Seattle Times staff reporter
ALAN BERNER / THE SEATTLE TIMES
Above: Quinault Tribe members Emmett Oliver, 95, right, and daughter Marylin Bard acknowledge tribal canoes arriving Sunday at Seattle's Golden Gardens Park. About two dozen canoes made a stopover before leaving today for a weeklong event in Suquamish. Below: Oliver, left, and Cecile Hansen, Duwamish Tribe chairwoman, await the arrival of canoes. "We are canoe people," Oliver said.
Twenty years after he led a flotilla of canoes in the Paddle to Seattle, retired Coast Guard Cmdr. Emmett Oliver sat beneath a striped umbrella at the edge of the beach as about two dozen canoes, with their crews, windblown and sunburnt, glided past him, singing in the summer sun.
"Grandpa! They're singing a Quinault song," said his granddaughter, Christina Oliver, 29.
Oliver, 95, first rallied Native-American tribes to build canoes and paddle them from distant reservations to the beach at Golden Gardens Park as part of the Washington state centennial celebration in 1989. Before then, the canoe culture was dying out.

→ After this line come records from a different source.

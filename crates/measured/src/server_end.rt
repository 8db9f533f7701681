// The server's end of a line, played by what happens at it.
ghost use Rattle.std.specs.Prelude.{◌≡◌, ◌≤◌, true, length, OnOk, IfOk, None};
ghost use Rattle.measured.specs.Ends.{Played};
ghost use Rattle.measured.specs.ServerEnds.{state_of_server, seen_at_server, admission_at_server, Gives, ServerStep};

use crate::datagram_row::DatagramRow;
use crate::event::{ANSWER, END, Event, GIVE, GROW, HEAR, MESSAGE, Outcome, PACKET, TICK, TOOK};
use link::datagram::{Acknowledgement, Packet};
use link::message::FromClient;
use link::server_end::{Said, ServerEnd, Wanted};
use std::alloc::{AllocError, Global};

// Whether a client's packet is taken. If the message is none nothing has come.
fn admit(end: &ServerEnd, connection: u32, number: u32, message: Option<FromClient>) -> Outcome
    ensures { result ≡ admission_at_server connection number message end.now }
{
    let Some(message) = message else {
        return Outcome::answered(0);
    };
    match end.admit(Packet {
        connection,
        number,
        message,
    }) {
        Ok(Wanted::Message) => Outcome::answered(1),
        Ok(Wanted::Connection) => Outcome::answered(2),
        Err(refusal) => Outcome::refused(refusal),
    }
}

// Its connection, and how long the text is that it keeps.
fn state(end: &ServerEnd) -> Outcome
    ensures { result ≡ state_of_server end.now }
{
    let mut datagram = DatagramRow::bare(0, 0, 0);
    if let Some(text) = end.text() {
        datagram.letters = text.len();
    }
    match end.connection() {
        None => Outcome::answered(0),
        Some(connection) => Outcome {
            after: connection,
            ..Outcome::shown(datagram)
        },
    }
}

// What is seen of it.
fn see(end: &ServerEnd, event: Event) -> Outcome
    ensures { result ≡ seen_at_server event end.now }
{
    let DatagramRow {
        connection,
        number,
        ..
    } = event.datagram;
    match event.kind {
        TICK => Outcome::numbered_if_any(end.tick()),
        PACKET => admit(end, connection, number, event.datagram.from_client()),
        MESSAGE => match end.said(number) {
            None => Outcome::answered(0),
            Some(Said::Text) => Outcome::answered(1),
            Some(Said::Entry(place)) => Outcome {
                after: place,
                ..Outcome::answered(2)
            },
        },
        ANSWER => Outcome::shown(DatagramRow::of_acknowledgement(end.answer(connection))),
        _ => state(end),
    }
}

// It gives a connection, with a text of so many bytes.
fn give(alloc: Global, end: &mut ServerEnd, datagram: DatagramRow) -> Result<(), AllocError>
    ensures { OnOk result (Gives datagram end.new) }
{
    let text = Vec::from_elem(alloc, 7u8, datagram.letters)?;
    end.give(datagram.connection, datagram.revision, text);
    Ok(())
}

// What happens to it.
fn step(alloc: Global, end: &mut ServerEnd, event: Event) -> Result<Outcome, AllocError>
    ensures { IfOk result (λ o. ServerStep end.old event o end.new) }
{
    let datagram = event.datagram;
    match event.kind {
        HEAR => Ok(Outcome::numbered_if_any(end.hear(Acknowledgement {
            connection: datagram.connection,
            last: datagram.number,
        }))),
        GIVE => {
            give(alloc, end, datagram)?;
            Ok(Outcome::answered(1))
        }
        TOOK => {
            end.took();
            Ok(Outcome::answered(1))
        }
        GROW => Ok(Outcome::numbered_if_any(end.grow())),
        END => {
            end.end();
            Ok(Outcome::answered(1))
        }
        _ => Ok(see(end, event)),
    }
}

// The outcomes are written at the front.
fn play(alloc: Global, events: &[Event], outcomes: &mut [Outcome]) -> Result<(), AllocError>
    requires { length events.now ≤ length outcomes.old }
    ensures { OnOk result (Played ServerStep None events.now outcomes.old outcomes.new) }
{
    let mut end = ServerEnd::new();
    for (i, event) in events.iter().enumerate() {
        outcomes[i] = step(alloc, &mut end, *event)?;
    }
    Ok(())
}

// What happens at a new end, one after the other, and what comes of each. Where memory is wanting, or room for the outcomes, the answer is false.
#[unsafe(no_mangle)]
pub extern "C" fn measured_server_end(
    alloc: Global,
    events: &[Event],
    outcomes: &mut [Outcome],
) -> bool
    ensures { result ≡ true → Played ServerStep None events.now outcomes.old outcomes.new }
{
    events.len() <= outcomes.len() && play(alloc, events, outcomes).is_ok()
}
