// What a datagram is, in numbers.
ghost use Rattle.std.specs.Prelude.{◌≡◌};
ghost use Rattle.link.specs.declared.datagram.Datagram.TheVariants as datagram;
ghost use Rattle.link.specs.Messages.{with_message, from_client, signed_by};
ghost use Rattle.link.specs.Shown.{from_server};

use crate::row::{DELETE, INSERT, Row};
use link::datagram::{Acknowledgement, Datagram, Packet};
use link::message::{Edit, FromClient, FromServer};
use operation::operation::Operation;

pub(crate) const ACKNOWLEDGEMENT: u8 = 0;

pub(crate) const OPERATION: u8 = 1;

pub(crate) const ENTRY: u8 = 2;

pub(crate) const REVISION: u8 = 3;

pub(crate) const NEW: u8 = 4;

pub(crate) const TEXT: u8 = 5;

// A field that a datagram has not is 0.
#[repr(C)]
#[derive(Clone, Copy)]
pub struct DatagramRow {
    pub kind: u8,
    // What an operation or an entry does: 0 nothing, 1 inserts, 2 deletes.
    pub change: u8,
    // Of an entry or a text.
    pub site: u8,
    pub connection: u32,
    // Of an acknowledgement, the last that was taken.
    pub number: u32,
    // Of an entry, its place.
    pub revision: u32,
    pub place: u32,
    pub letter: u32,
    pub performed: u32,
    // How many letters a text has.
    pub letters: usize,
}

impl DatagramRow {
    ghost use Rattle.measured.specs.Datagrams.{bare_row, with_operation, with_revision, row_of, operation_in, packet_in, client_message_in};

    // One that has these numbers and nothing else.
    pub(crate) fn bare(kind: u8, connection: u32, number: u32) -> DatagramRow
        ensures { result ≡ bare_row kind connection number }
    {
        DatagramRow {
            kind,
            change: 0,
            site: 0,
            connection,
            number,
            revision: 0,
            place: 0,
            letter: 0,
            performed: 0,
            letters: 0,
        }
    }

    fn with_operation(self, op: Operation) -> DatagramRow
        ensures { result ≡ with_operation op self }
    {
        match op {
            Operation::Noop { site } => DatagramRow { site, ..self },
            Operation::Insert {
                site,
                place,
                letter,
            } => DatagramRow {
                change: INSERT,
                site,
                place,
                letter,
                ..self
            },
            Operation::Delete { site, place } => DatagramRow {
                change: DELETE,
                site,
                place,
                ..self
            },
        }
    }

    pub(crate) fn of_acknowledgement(acknowledgement: Acknowledgement) -> DatagramRow
        ensures { result ≡ row_of (datagram.Acknowledgement acknowledgement) }
    {
        let Acknowledgement { connection, last } = acknowledgement;
        DatagramRow::bare(ACKNOWLEDGEMENT, connection, last)
    }

    // What a client has sent.
    pub(crate) fn of_client(datagram: Datagram<FromClient>) -> DatagramRow
        ensures { result ≡ row_of (with_message from_client datagram) }
    {
        let Packet {
            connection,
            number,
            message,
        } = match datagram {
            Datagram::Packet(packet) => packet,
            Datagram::Acknowledgement(acknowledgement) => {
                return DatagramRow::of_acknowledgement(acknowledgement);
            }
        };
        match message {
            FromClient::Operation { revision, edit } => DatagramRow {
                revision,
                ..DatagramRow::bare(OPERATION, connection, number)
            }
            .with_operation(edit.by(0)),
            FromClient::Revision(revision) => DatagramRow {
                revision,
                ..DatagramRow::bare(REVISION, connection, number)
            },
            FromClient::New => DatagramRow::bare(NEW, connection, number),
        }
    }

    // What the server has sent. A text's letters are apart.
    pub(crate) fn of_server(datagram: Datagram<FromServer<'_>>) -> DatagramRow
        ensures { result ≡ row_of (with_message from_server datagram.entry) }
    {
        let Packet {
            connection,
            number,
            message,
        } = match datagram {
            Datagram::Packet(packet) => packet,
            Datagram::Acknowledgement(acknowledgement) => {
                return DatagramRow::of_acknowledgement(acknowledgement);
            }
        };
        match message {
            FromServer::Entry(entry) => DatagramRow {
                revision: entry.place,
                ..DatagramRow::bare(ENTRY, connection, number)
            }
            .with_operation(entry.op),
            FromServer::Text(snapshot) => DatagramRow {
                site: snapshot.site,
                revision: snapshot.revision,
                performed: snapshot.performed,
                letters: snapshot.letters.len(),
                ..DatagramRow::bare(TEXT, connection, number)
            },
        }
    }

    // The operation that it has.
    pub(crate) fn operation(self) -> Operation
        ensures { result ≡ operation_in self }
    {
        let DatagramRow {
            change,
            site,
            revision,
            place,
            letter,
            ..
        } = self;
        Row {
            kind: change,
            site,
            revision,
            place,
            letter,
        }
        .operation()
    }

    // What a client says with it.
    pub(crate) fn from_client(self) -> Option<FromClient>
        ensures { result ≡ client_message_in self }
    {
        let revision = self.revision;
        match self.kind {
            OPERATION => {
                let edit = Edit::of(self.operation())?;
                Some(FromClient::Operation { revision, edit })
            }
            REVISION => Some(FromClient::Revision(revision)),
            NEW => Some(FromClient::New),
            _ => None,
        }
    }
}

Oliver revitalized it for the coastal Salish people, said Walter Pacheco, one of the organizers of Sunday's 20-year anniversary. More canoes were arriving at the park on Seattle's Shilshole Bay throughout Sunday, with as many as 100 expected this week on the Kitsap Peninsula for the Paddle to Suquamish.
Although Oliver, a Quinault, would have preferred being in a canoe, he grinned broadly as they sailed in, paddles raised in respect.